To the chagrin of clueless liberals and an inbred media, its impact may
help change the course of the nation.
It is not a Republican effort, although the GOP will benefit from it and
has already in Virginia, New Jersey and even Massachusetts. It will not
benefit Democrats except in constituencies where it may find a
Republican candidate unacceptable and split the vote.
This will damage RINOs, not real conservatives. There is a temporary
alliance between Tea Party independents and GOP candidates who reflect
their views that will cause the nomination of more conservatives. How well
they govern and how far they will actually succeed in changing the
direction of the country will be the ultimate determination of the
movement's success.
One impact observed throughout Arizona and elsewhere is the appearance of
many new faces in the ranks of GOP candidates, along with many new
activists.
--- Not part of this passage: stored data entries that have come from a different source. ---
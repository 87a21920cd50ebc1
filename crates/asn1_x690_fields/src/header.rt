//! Headers of elements (X.690 8.1.1).

ghost use Rattle.std.specs.Prelude.{◌≡◌, ◌≤◌, ◌<◌, ◌^◌, ◌*◌, ℕ, length, take, drop, IfSome};
ghost use Rattle.asn1_bits.specs.Bits.{bits};
ghost use Rattle.asn1_x690.specs.Elements.{any_element};
ghost use Rattle.asn1_x690_fields.specs.Outcomes.{rest, IsWithin, IsOnward, IsReadAs, IsHeader, IsElement};

use crate::heads::next_octets;
use crate::identifier::{FoundIdentifier, next_identifier, short_identifier};
use crate::length::next_length;
use crate::state::State;
use asn1_bits::read_bits;

/// The header of an element.
#[derive(Clone, Copy, Debug, PartialEq, Eq)]
pub struct Header {
    /// The identifier.
    pub identifier: FoundIdentifier,
    /// The index of the first bit of the contents octets.
    pub from: usize,
    /// The index of the bit after them.
    pub to: usize,
}

/// Reads an element: its header (X.690 8.1.1), and as many contents octets as its length has. Returns
/// the header.
#[inline(always)]
pub fn next_header(octets: &[u8], node: usize, state: &mut State) -> Option<Header>
    requires size { 8 * length octets.now < 2 ^ 64 }
    requires within { IsWithin (bits octets.now) state.old }
    ensures onward { IsOnward (bits octets.now) state.old state.new }
    ensures begins { IfSome result (λ h. state.old.at < h.from) }
    ensures ordered { IfSome result (λ h. h.from ≤ h.to) }
    ensures ends { IfSome result (λ h. h.to ≡ state.new.at) }
    ensures read { IsReadAs (any_element node) (IsHeader (bits octets.now)) (bits octets.now) state.old state.new result }
{
    match short_header(octets, state) {
        None => next_long_header(octets, node, state),
        Some(header) => {
            state.at = header.to;
            Some(header)
        }
    }
}

/// Returns the header of an element if it has two octets: an identifier with a number below 31, and a
/// length below 128.
#[inline(always)]
fn short_header(octets: &[u8], state: &State) -> Option<Header>
    requires size { 8 * length octets.now < 2 ^ 64 }
    requires within { IsWithin (bits octets.now) state.now }
    ensures begins { IfSome result (λ h. state.now.at < h.from) }
    ensures ordered { IfSome result (λ h. h.from ≤ h.to) }
    ensures ends { IfSome result (λ h. h.to ≤ state.now.end) }
    ensures read { IfSome result (λ h. (node : ℕ)
        → IsElement (bits octets.now) (rest (bits octets.now) state.now) node h (drop h.to (take state.now.end (bits octets.now)))) }
{
    let at = state.at;
    let left = state.end - at;
    if left < 16 {
        return None;
    }
    let both = read_bits(octets, at, 16);
    let first = both / 256;
    let count = (both % 256) as usize;
    if first % 32 == 31 || count >= 128 || 8 * count > left - 16 {
        return None;
    }
    let from = at + 16;
    Some(Header {
        identifier: short_identifier(first),
        from,
        to: from + 8 * count,
    })
}

/// Reads an element as [`next_header`] does. The octets of the header may be any number.
#[inline(always)]
fn next_long_header(octets: &[u8], node: usize, state: &mut State) -> Option<Header>
    requires size { 8 * length octets.now < 2 ^ 64 }
    requires within { IsWithin (bits octets.now) state.old }
    ensures onward { IsOnward (bits octets.now) state.old state.new }
    ensures begins { IfSome result (λ h. state.old.at < h.from) }
    ensures ordered { IfSome result (λ h. h.from ≤ h.to) }
    ensures ends { IfSome result (λ h. h.to ≡ state.new.at) }
    ensures read { IsReadAs (any_element node) (IsHeader (bits octets.now)) (bits octets.now) state.old state.new result }
{
    // The fields of the result need no memory after this call.
    match next_fields(octets, node, state) {
        None => None,
        Some(header) => Some(Header {
            identifier: header.identifier,
            from: header.from,
            to: header.to,
        }),
    }
}

/// Reads the identifier, the length and the contents octets of an element.
#[inline(never)]
fn next_fields(octets: &[u8], node: usize, state: &mut State) -> Option<Header>
    requires size { 8 * length octets.now < 2 ^ 64 }
    requires within { IsWithin (bits octets.now) state.old }
    ensures onward { IsOnward (bits octets.now) state.old state.new }
    ensures begins { IfSome result (λ h. state.old.at < h.from) }
    ensures ordered { IfSome result (λ h. h.from ≤ h.to) }
    ensures ends { IfSome result (λ h. h.to ≡ state.new.at) }
    ensures read { IsReadAs (any_element node) (IsHeader (bits octets.now)) (bits octets.now) state.old state.new result }
{
    let identifier = next_identifier(octets, node, state)?;
    let count = next_length(octets, node, state)?;
    match next_octets(octets, count, node, state) {
        None => None,
        Some(from) => Some(Header {
            identifier,
            from,
            to: state.at,
        }),
    }
}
Most are of a high quality, higher than prior cycles. The local
GOP is filling more precinct committee slots than they have in years, and
they aren't coming from the League of Women Voters. When was the last time
you saw over 500 people at a candidate forum for anything in February, let
alone October?
Democrats have been living off Astroturf and a tone-deaf, lame stream
media for so long they project onto anything real the techniques they've
grown comfortable with, from phony letter drives to pathetic talk radio
screamers like Ed Schultz who actually advocated voter fraud in
Massachusetts to "preserve health care reform." Discussion of
issues with most liberals quickly degenerates to them using name-calling
and challenging the motives of those who disagree. Which leads me to ask,
"how's that working out for ya?"
Some Tea Party leaders are still rightfully wary of the GOP, which has
gone wobbly before. Their inclusion in its ranks will go far to increasing
its backbone, but Tea Parties have others attempting to use them.
One local example was the sucking in of local Tea Party leaders by a
prominent businessman who solicited their support in a recall effort of
the Tucson mayor and two council members he began, and then unilaterally
abandoned. That cost them credibility which would have been partially
maintained had they at least denounced his basically perfidious actions.
First rule of leadership is not to hang your followers out to dry.
Another threat is groups with superficially similar methods but based in a
different epistemology. One of those is called Get Out of Our House, or
GOOOH. It sets up local groups, charges fees, has a ranking system for
members who are supposed to pick, apparently among those in each district,
issues to rank candidates. Their initial issue list had a left-populist
tilt including elimination of the electoral college, reducing inherited
wealth, banning lawyers from public office and other unconstitutional
eccentricities. My KVOI colleague Charles Heller considers them
communitarian socialist.
Threats from GOOOH and others along with the GOP will be overshadowed by
the basic good sense of the Tea Party goers themselves. They are not
pitchfork populists. They are mainly constitutionalists. The greatest
factor contributing to the movement besides the arrogance of the liberal
establishment is that they reflect the ideas that have dominated the
bestseller lists for several years, contained in a host of conservative
books ignored by a snot-impacted elite.
Like their intellectual forefathers, this group of revolutionaries are
literate and understand what they want their government to be. They will
not be hustled easily. And they will not be going away.